SXSW: Ten Austin Start-Ups
Here are a 10 Austin start-ups we need to meet during South By Southwest this week. Pizza Hut skeleton to reason 140-second job interviews there. You can get a giveaway ride in a SXSW TechCab by admissing your sins. An Austin businessman shares his SXSW tips. Andrea Swensson explains because she’s not going this year.
Marketing: Too Watery?
Kelley Robertson says this is how not to use a referral. Derrick Daye shares 7 ways to generate ideas from customers. Allison Carter warns we not to start calm selling if we are not peaceful to wait during slightest 6 months before saying results. Online consult tools might be a many effective approach to rivet existent customers. Chris Robinson explains how business owners can boost site traffic by video. Here’s the usually way to marketplace with SnapChat. Wal-Mart introduces a module ancillary businesses owned by women worldwide. This is how Budweiser responded to accusations that a drink was too watery.
Cool Ideas: Forgive Us
A association offers digitized magazine subscriptions for watchful rooms. A new form of silicone exhibits both gelatinous and effervescent properties. A stretchable battery stretches 300 percent. This video explains how 3-D copy will change a world, though this infographic shows how prolonged a 3-D copy series will take. Apple is pronounced to be formulation an iWatch and a fingerprint-sensing iPhone, and it now seems that the latest fashion is wearable computers. An businessman auctions off his name to a top bidder. To predict trends before they happen, G.B. Oliver recommends gripping an eye on cocktail culture. A association regrets copy Bible quotations on toilet paper.
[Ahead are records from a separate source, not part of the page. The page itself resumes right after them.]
//! Who has begun a phase of a filter, and ends it.

use crate::filter::Filter;
use crate::home::FilterHome;
use crate::pass::FilterPass;
use bcl_phase::{Grants, Lead, Phased, Promise, Refused, Settles};
use std::alloc::Global;

/// A filter in a phase: each rank has a pass. Ranks share the lead by `&`.
#[derive(Drop)]
pub struct FilterLead<K>
where
    Filter<K>: Phased,
{
    pub lead: Lead<Filter<K>>,
}

impl<K> FilterLead<K>
where
    Filter<K>: Phased,
{
    ghost use Rattle.std.specs.Prelude.{IfOk, IfErr};
    ghost use Rattle.bcl_phase.specs.Deals.{AreAll, Ends, Turns};

    /// Ends the phase, and consumes its passes. The home has seen the whole history.
    ///
    /// It never refuses. Condition: the passes are all those of this lead, rank i at place i.
    pub fn end<P: Promise>(self, passes: Vec<FilterPass<P, K>>) -> FilterHome<K>
    where
        Filter<K>: Grants<P> + Settles,
        requires all { AreAll (λ p. p.pass) self.lead passes.items }
        ensures ends { Ends (λ p. p.pass) P.CODE self.lead passes.items result.home }
    {
        FilterHome {
            home: self.lead.end::<P, FilterPass<P, K>>(passes),
        }
    }

    /// Ends the phase and begins the next, under another promise: the barrier between two supersteps.
    ///
    /// It is `end` and then `begin`. It refuses for want of memory alone, and hands back the home of `end`. Condition: as
    /// of `end`.
    pub fn turn<P: Promise, Q: Promise>(
        self,
        alloc: Global,
        passes: Vec<FilterPass<P, K>>,
    ) -> Result<(FilterLead<K>, Vec<FilterPass<Q, K>>), Refused<FilterHome<K>>>
    where
        Filter<K>: Grants<P> + Grants<Q> + Settles,
        requires all { AreAll (λ p. p.pass) self.lead passes.items }
        ensures turns { IfOk result (λ r. Turns (λ p. p.pass) (λ p. p.pass) P.CODE Q.CODE self.lead passes.items r.0.lead r.1.items) }
        ensures refused { IfErr result (λ e. Ends (λ p. p.pass) P.CODE self.lead passes.items e.home.home) }
    {
        match self
            .lead
            .turn::<P, Q, FilterPass<P, K>, FilterPass<Q, K>>(alloc, passes)
        {
            Ok((lead, passes)) => Ok((FilterLead { lead }, passes)),
            Err(refused) => Err(Refused {
                home: FilterHome { home: refused.home },
            }),
        }
    }
}
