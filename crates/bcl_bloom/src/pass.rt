//! One rank's part in a phase of a filter, and its calls. The hash of the key is taken once a call, and no call takes
//! memory.

ghost use Rattle.std.specs.Prelude.{◌≡◌, true};
ghost use Rattle.bcl_event.specs.Filter.{presence};

use crate::block::block_of;
use crate::filter::Filter;
use crate::lead::FilterLead;
use bcl_event::{are_set, bits_of, inserted_keys_are_present, with_bits};
use bcl_phase::{Any, Phased, Promise, Rested, Wraps};
use bcl_words::{Object, key_hash};
use std::marker::Brand;

/// One rank's part in a phase of a filter under the promise P. It may go to another thread.
#[derive(Drop)]
pub struct FilterPass<P: Promise, K>
where
    Filter<K>: Phased,
{
    pub pass: Rested<Filter<K>, P>,
}

impl<P: Promise, K> Wraps for FilterPass<P, K>
where
    Filter<K>: Phased,
{
    type Inner = Rested<Filter<K>, P>;

    ghost inner = { λ pass. pass.pass };

    fn wrap(it: Rested<Filter<K>, P>) -> Self {
        FilterPass { pass: it }
    }

    fn into_inner(self) -> Rested<Filter<K>, P> {
        self.pass
    }
}

impl<P: Promise, K: Object> FilterPass<P, K> {
    ghost use Rattle.bcl_phase.specs.Deals.{view};

    /// The number of this rank, from 0.
    pub fn rank(&self) -> u32
        ensures rank { result ≡ (view self.now.pass).rank }
    {
        self.pass.pass.rank()
    }
}

impl<K: Object> FilterPass<Any, K> {
    ghost use Rattle.bcl_event.specs.declared.filter.FilterCall.TheVariants.{Insert, Find};
    ghost use Rattle.bcl_phase.specs.Deals.{view, IsIn, Stands, Makes};
    ghost use Rattle.bcl_bloom.specs.Calls.{WasInserted};

    /// Inserts a key, and answers whether it may have been there: `true` exactly where the reply is `Present`, as it is
    /// where the pass has seen an insertion of the key.
    ///
    /// One `fetch_or` of the key's four marks. It never refuses.
    pub fn insert(&mut self, lead: &FilterLead<K>, key: &K) -> bool
        requires of { IsIn self.old.pass lead.now.lead }
        ensures stands { Stands lead.now.lead self.old.pass self.new.pass (Insert (K.words key.now)) (presence result) }
        ensures again { WasInserted (K.words key.now) (view self.old.pass).seen → result ≡ true }
        ensures of { IsIn self.new.pass lead.now.lead }
        ensures steps { Makes 0 0 1 self.old.pass self.new.pass }
    {
        // It does nothing: its law shows that a key inserted before is present.
        inserted_keys_are_present();
        let h = key_hash::<K>(&key.to_words());
        let block = block_of(self.pass.pass.layout(), h);
        let bits = bits_of(h);
        let marks = with_bits(0, &bits);
        let old = self
            .pass
            .pass
            .fetch_or::<Brand, K>(&lead.lead, block, marks, key);
        are_set(old, &bits)
    }

    /// Answers whether a key may have been inserted: `true` exactly where the reply is `Present`, as it is where the pass
    /// has seen an insertion of the key. So `false` is never wrong.
    ///
    /// One `get` of the key's block. It never refuses.
    pub fn find(&mut self, lead: &FilterLead<K>, key: &K) -> bool
        requires of { IsIn self.old.pass lead.now.lead }
        ensures stands { Stands lead.now.lead self.old.pass self.new.pass (Find (K.words key.now)) (presence result) }
        ensures found { WasInserted (K.words key.now) (view self.old.pass).seen → result ≡ true }
        ensures of { IsIn self.new.pass lead.now.lead }
        ensures steps { Makes 1 0 0 self.old.pass self.new.pass }
    {
        // It does nothing: its law shows that a key inserted before is present.
        inserted_keys_are_present();
        let h = key_hash::<K>(&key.to_words());
        let block = block_of(self.pass.pass.layout(), h);
        let bits = bits_of(h);
        let word = self.pass.pass.get::<Brand, K>(&lead.lead, block, key);
        are_set(word, &bits)
    }
}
Technology: Google Glass for Guys
Evernote is hacked. Jon Xavier lists 7 Apple products whose reality didn’t live up to a hype. Adriana Gardella wants to know how we handle laid-back record vendors. These are 4 apps for getting rid of paperwork. A new box helps we get a improved Wi-Fi signal on your iPhone. A programming error costs Microsoft 561 million euros. A consult shows that tiny businesses have complicated bearing to data breaches. A new backup tool will assistance conduct your overstuffed Gmail account. And here’s how guys will be using Google Glass in a future.
Tweet of a Week
@alexia – “You going to SXSW(i)?” — Everyone even vaguely associated to tech, right now.
The Week’s Best
Bob Phibbs wants to know if you are too weak to turn stronger: “It isn’t so most what we confirm to strech out for, though it is that impulse of decision. Going from a debility of I’m overwhelmed, we don’t need anyone else, it won’t work, etc. to one of strength — this will concede me to work smarter, concentration my attention, make my business competitive. That’s because we compensate for my Web designers to lift out my vision. That’s because we paid for a one-day coaching with one of a smartest marketers around. That’s because we do a lot of things. And we know a lot of we do too.”
This Week’s Question: Why aren’t we going to SXSW this year?